Software, modules, requesting installs¶
Software Available¶
Linux command line software¶
A comprehensive set of genomics and genetics software is available for running from the Linux Terminal command line.
Some software has very good multithreading e.g. plink2 or regenie. If you run these on the 64 core VM (please test on the cheap 2-core machine first) you can get performance quite close to high performance compute (HPC) for some medium sized applications, and you do not have to learn WDL scripts. Alternatively, true cloud HPC is available using WDL Pipelines (see below).
Programming languages¶
There are a number of different languages available on the TRE including Python and R. We also have Bash as a shell program and command language.
Python¶
Info
Python does not have the normal virtual environment setup that you might be used to. It is not possible to install packages using pip install as you would on your local machine as the TRE does not have internet access, and therefore cannot connect to the Python Package Index (PyPI), or a specific GitHub repository.
Packages are installed by the Sanger Institute and are available to all users.
Jupyter notebooks¶
Jupyter is available in the Applications menu as graphical user interface and can also be run from the Linux command line, by running jupyter notebook in the terminal.
VS Code¶
The VS Code editor is available in the Applications menu as graphical user interface. It has limited plugins available as they must be specifically requested and installed by the Sanger Institute. The Jupyter notebook plugin is already installed.
Warning
Any commands or scripts that rely on outside software will not work in the VS Code terminal unless the software is installed in the Linux command line. For example, Github Co-pilot will not work in the VS Code terminal.
R¶
RStudio is available in the Applications menu as a graphical user interface for programmers interested in R language.
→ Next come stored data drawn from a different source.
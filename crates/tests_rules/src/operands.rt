ghost use Rattle.std.specs.Prelude.{◌≡◌, ◌<◌, ◌≤◌, IfSome, length};
ghost use Rattle.cr_check_operands.specs.Values.{room_of};

use crate::{constant_in, expect, nodes_with, push_type, quadruple, row_of, triple, without};
use cr_check_constants::{Arithmetic, Constant, Relation, Shift, Sign};
use cr_check_operands::{
    Branch, Fact, Junction, Value, address, assign, cast, comma, compound, conditional,
    dereference, difference, equality, fact_of, increment, integers, is_integer, is_null_cast,
    is_passable, is_scalar, logical, member, negated, order, pointed_member, shifted, signed, size,
    structure_at, subscript, sum, text, value_of,
};
use cr_check_types::{Layout, NOTHING, Table};
use cr_syntax::{CType, Node};
use std::alloc::{AllocError, Global};
use std::test::Fail;

// S3 and S10 are the contents of structures, complete at node 14; S10 has a constant member, and S2 is no content.
const AT: u32 = 14;

// An operand is a type in words, with `place` and `register` before it; a number is an int constant, and `null` is the constant 0
// cast to `void *`. The result is a type, with its value where it is a constant; `none` where the operands are not allowed.

// Two operands and an operator. By hand from C11 6.5.2.1, 6.5.4 to 6.5.14, 6.5.16 and 6.5.17; with `cast` the left one names a
// type; `.` and `->` have the type of the member on the right.
const BINARY: &str = "\
int; *; long => long
char; /; char => int
uint; %; int => uint
6; *; 7 => int 42
int; *; * int => none
S3; *; int => none
void; *; int => none
int; &; ulong => ulong
int; ^; short => int
int; |; * char => none
char; <<; long => int
long; >>; char => long
1; <<; 4 => int 16
* int; <<; int => none
int; +; int => int
1; +; 2 => int 3
* int; +; int => * int
int; +; * S3 => * S3
const * int; +; int => * int
place [3] int; +; int => * int
[3] int; +; int => none
* S2; +; int => none
* void; +; int => none
* [] int; +; int => none
* int; +; * int => none
S3; +; int => none
* int; -; int => * int
int; -; * int => none
* int; -; * const int => long
* int; -; * char => none
* S2; -; * S2 => none
* S2; -; int => none
* [] int; -; * [3] int => none
* [3] int; -; * [] int => none
1; -; 2 => int -1
1; <; 2 => int 1
* int; <; * const int => int
* void; <; * void => int
* int; <; * char => none
* int; <; * void => none
* int; <; 0 => none
* int; ==; 0 => int
0; ==; * int => int
null; ==; * int => int
* int; ==; 1 => none
* int; ==; int => none
* int; ==; * const int => int
* int; ==; * void => int
* const void; ==; * int => int
* int; ==; * char => none
S3; ==; S3 => none
2; ==; 2 => int 1
* int; &&; int => int
0; &&; * int => int
0; &&; 3 => int 0
1; ||; 0 => int 1
S3; &&; int => none
int; ||; S3 => none
void; ||; int => none
int; ,; * char => * char
void; ,; char => char
int; ,; place [3] char => * char
int; ,; [3] char => [3] char
int; ,; S3 => S3
void; ,; void => void
1; ,; 2 => int
* int; []; int => place int
int; []; * int => place int
place [2] [3] int; []; int => place [3] int
* const S3; []; int => place const S3
* S2; []; int => none
* void; []; int => none
int; []; int => none
* int; []; * int => none
void; cast; S3 => void
void; cast; void => void
int; cast; S3 => none
S3; cast; S3 => none
char; cast; long => char
const char; cast; int => char
char; cast; 200 => char -56
bool; cast; 5 => bool 1
int; cast; void => none
int; cast; * int => none
bool; cast; * int => bool
* int; cast; 0 => * int
* int; cast; 1 => none
* int; cast; int => none
* void; cast; 0 => null
* const void; cast; 0 => * const void
* void; cast; null => * void
* char; cast; * int => * char
* int; cast; * const int => * int
* int; cast; * volatile int => none
* int; cast; * [3] volatile int => none
* volatile int; cast; * volatile char => * volatile int
[3] int; cast; * int => none
place int; =; long => int
place int; =; 1 => int
place int; =; * int => none
place bool; =; * int => bool
place * int; =; 0 => * int
place * int; =; null => * int
place * int; =; 1 => none
place * int; =; int => none
place * int; =; * const int => none
place * const int; =; * int => * const int
place * volatile int; =; * int => * volatile int
place * int; =; * volatile int => none
place * int; =; * void => * int
place * void; =; * int => * void
place * void; =; * const int => none
place * void; =; * [3] const int => none
place * int; =; * char => none
place * * const int; =; * * int => none
place const int; =; int => none
place volatile int; =; int => int
place const * int; =; * int => none
place S3; =; S3 => S3
place S3; =; S10 => none
place S3; =; int => none
place S10; =; S10 => none
place [3] int; =; [3] int => none
int; =; int => none
S3; =; S3 => none
place int; *=; long => int
place int; *=; * int => none
place * int; *=; int => none
place const int; *=; int => none
place * int; +=; long => * int
place int; +=; long => int
place int; +=; * int => none
place * int; +=; * int => none
place * void; +=; int => none
place const int; +=; int => none
int; +=; int => none
place S3; .; int => place int
place const S3; .; int => place const int
place const S3; .; [2] int => place [2] const int
place S3; .; const int => place const int
S3; .; int => int
register place S3; .; int => register place int
place S3; .; missing => none
* S3; ->; int => place int
* const S3; ->; int => place const int
int; passed; long => yes
const int; passed; int => yes
* int; passed; 0 => yes
* int; passed; place [3] int => yes
* int; passed; [3] int => none
* int; passed; 1 => none
* int; passed; * const int => none
int; passed; void => none
S3; passed; S3 => yes
missing; passed; S3 => yes
missing; passed; * int => yes
missing; passed; void => none
* S3; ->; missing => none
S3; ->; int => none";

// An operator before its operand. By hand from 6.5.2.4 and 6.5.3.
const UNARY: &str = "\
&; place int => * int
&; place const int => * const int
&; place [3] int => * [3] int
&; register place int => none
&; int => none
*; * int => place int
*; place [3] int => place int
*; [3] int => none
*; * [3] char => place [3] char
*; * const S3 => place const S3
*; * S2 => none
*; * void => none
*; int => none
+; char => int
+; * int => none
-; 5 => int -5
-; S3 => none
~; bool => int
~; * int => none
!; * int => int
!; 0 => int 1
!; S3 => none
!; void => none
++; place int => int
++; place char => char
++; place bool => bool
++; place * int => * int
++; place * S2 => none
++; place * void => none
++; place S3 => none
++; place const int => none
++; place [3] int => none
++; int => none
sizeof; int => ulong 4
sizeof; [3] int => ulong 12
sizeof; * void => ulong 8
sizeof; S3 => ulong 4
sizeof; S2 => none
sizeof; void => none
sizeof; [] int => none
scalar; int => yes
scalar; * S2 => yes
scalar; place [3] int => yes
scalar; [3] int => none
scalar; S3 => none
scalar; void => none
integer; char => yes
integer; * int => none
structure; const S3 => S3
structure; * S3 => none
structure; int => none";

// The three operands of `?:`. By hand from 6.5.15.
const CONDITIONAL: &str = "\
int; int; long => long
* int; char; char => int
1; 2; 3 => int 2
0; 2; 3 => int 3
* int; 2; 3 => int
S3; int; int => none
void; int; int => none
int; void; void => void
int; void; int => none
int; S3; S3 => S3
int; S3; S10 => none
int; * int; 0 => * int
int; 0; * int => * int
int; * int; 1 => none
int; * int; int => none
int; * int; null => * int
int; null; * int => * int
int; null; null => * void
int; 0; null => * void
int; * int; * void => * void
int; * const int; * void => * const void
int; * volatile void; * int => * volatile void
int; * int; * const int => * const int
int; * volatile int; * const int => * const volatile int
int; const * int; * int => * int
int; * int; * char => none
int; * [] int; * [3] int => * [3] int
int; * int; S3 => none";

#[test]
fn operators_allow_their_operands(rt: HostRuntime) -> Result<(), Fail> {
    let alloc = rt.alloc();
    let nodes = nodes_with(alloc, 11, &[3, 10])?;
    let mut table = Table::new(alloc)?;
    expect_operators(alloc, &mut table, nodes.as_slice())
}

#[test]
fn conditionals_have_the_type_of_both_branches(rt: HostRuntime) -> Result<(), Fail> {
    let alloc = rt.alloc();
    let mut table = Table::new(alloc)?;
    for row in CONDITIONAL.split('\n') {
        expect_conditional(alloc, &mut table, row)?;
    }
    Ok(())
}

#[test]
fn literals_are_arrays_of_char(rt: HostRuntime) -> Result<(), Fail> {
    let alloc = rt.alloc();
    let mut table = Table::new(alloc)?;
    let found = text(&mut table, 3)?;
    expect_fact(alloc, &table, found, "\"ab\"", "place [3] char")
}

fn expect_operators(alloc: Global, table: &mut Table, nodes: &[Node]) -> Result<(), Fail> {
    for row in BINARY.split('\n') {
        expect_binary(alloc, table, nodes, row)?;
    }
    for row in UNARY.split('\n') {
        expect_unary(alloc, table, nodes, row)?;
    }
    Ok(())
}

fn expect_binary(alloc: Global, table: &mut Table, nodes: &[Node], row: &str) -> Result<(), Fail> {
    let (left, operator, right, told) = quadruple(row, "; ", " => ");
    let left = operand(table, left)?;
    let right = operand(table, right)?;
    let found = binary(table, nodes, operator, left, right)?;
    expect_fact(alloc, table, found, row, told)
}

fn expect_unary(alloc: Global, table: &mut Table, nodes: &[Node], row: &str) -> Result<(), Fail> {
    let (operator, given, told) = triple(row, "; ", " => ");
    let given = operand(table, given)?;
    let found = unary(table, nodes, operator, given)?;
    expect_fact(alloc, table, found, row, told)
}

fn expect_conditional(alloc: Global, table: &mut Table, row: &str) -> Result<(), Fail> {
    let (condition, left, right, told) = quadruple(row, "; ", " => ");
    let condition = operand(table, condition)?;
    let left = operand(table, left)?;
    let right = operand(table, right)?;
    let found = chosen(table, condition, left, right)?;
    expect_fact(alloc, table, found, row, told)
}

fn expect_fact(
    alloc: Global,
    table: &Table,
    found: Fact,
    row: &str,
    told: &str,
) -> Result<(), Fail> {
    let mut shown = String::new(alloc);
    push_fact(&mut shown, table, found)?;
    expect(row, shown.as_str(), told)
}

fn binary(
    table: &mut Table,
    nodes: &[Node],
    operator: &str,
    left: Fact,
    right: Fact,
) -> Result<Fact, AllocError> {
    match operator {
        "[]" => element(table, nodes, left, right),
        "." => member_of(table, left, right),
        "->" => pointed_member_of(table, left, right),
        "cast" => named(table, left, right),
        "passed" => passed(table, left, right),
        "=" | "*=" | "+=" => {
            let given = assignment(table, nodes, operator, left, right);
            made(table, given, false)
        }
        _ => {
            let given = arithmetic(
                table,
                nodes,
                operator,
                value(table, left),
                value(table, right),
            );
            made(table, given, false)
        }
    }
}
It can be launched from the command line via rstudio.
Instructions for specific software¶
Integrated Genome Viewer (IGV)¶
We have installed Integrated Genome Viewer (IGV) to run from the Linux Terminal command line (not the web browser version).
Tip
Make sure you are using the right genome fasta for your cram files, otherwise you will get an 'md5 error' (e.g. the default hg19 will not work with Wellcome Sanger Institute crams).
Example for the 5236 Wellcome Sanger Institute low-depth exomes:
/usr/local/bin/IGV_Linux_2.12.3/igv.sh \
--genome /genesandhealth/library-red/genesandhealth/exome_seq/2019_11__5236_GNHonly/crams/hs38DH.fa /genesandhealth/library-red/genesandhealth/exome_seq/2019_11__5236_GNHonly/crams/sc_autozygELGH6823965.cramb
The default set of (hg19) files for IGV are found here
LibreOffice¶
LibreOffice provides equivalents for Microsoft Excel, Powerpoint and Word and is available in Applications menu as graphical user interface (not from Linux command line).
Git¶
Git is available from the Linux command line for single user use, and has some limited integration with RStudio and Jupyter Notebooks. However, given the fact that the TRE does not have internet access and everyone is signed in as the same user, Git's usefullness is limited. This may change in the future.
File browser shortcuts¶
The file browser for Xfce is called 'Thunar'. Settings and defaults should persist between sessions but don't.
Detailed view: ctrl + 2 New tab: ctrl + T (only works if the TRE is in fullscreen mode - Chrome will create a new tab otherwise)
How to get new software installed¶
Software request¶
Only admins can install new software. As there is no internet access, this also includes CRAN, github, PyPI etc. To get a new software installed, please raise a help desk request. This is done by emailing hgi@sanger.ac.uk to generate a ticket. This will take a few days to a week to complete.
Note
Please note that if you wish to use a package that relies on an external service, such as a database or reference data, you will need to make sure that this data is also available on the TRE. This is because the TRE does not have internet access and cannot connect to external services.
Developer requests¶
If you are a developer and want to install custom software, for example, a python package that you have written, you can request this to be installed by the Sanger Institute. It will be available to all users. This may require some additional information to be provided to the Sanger Institute particularly around security and data protection.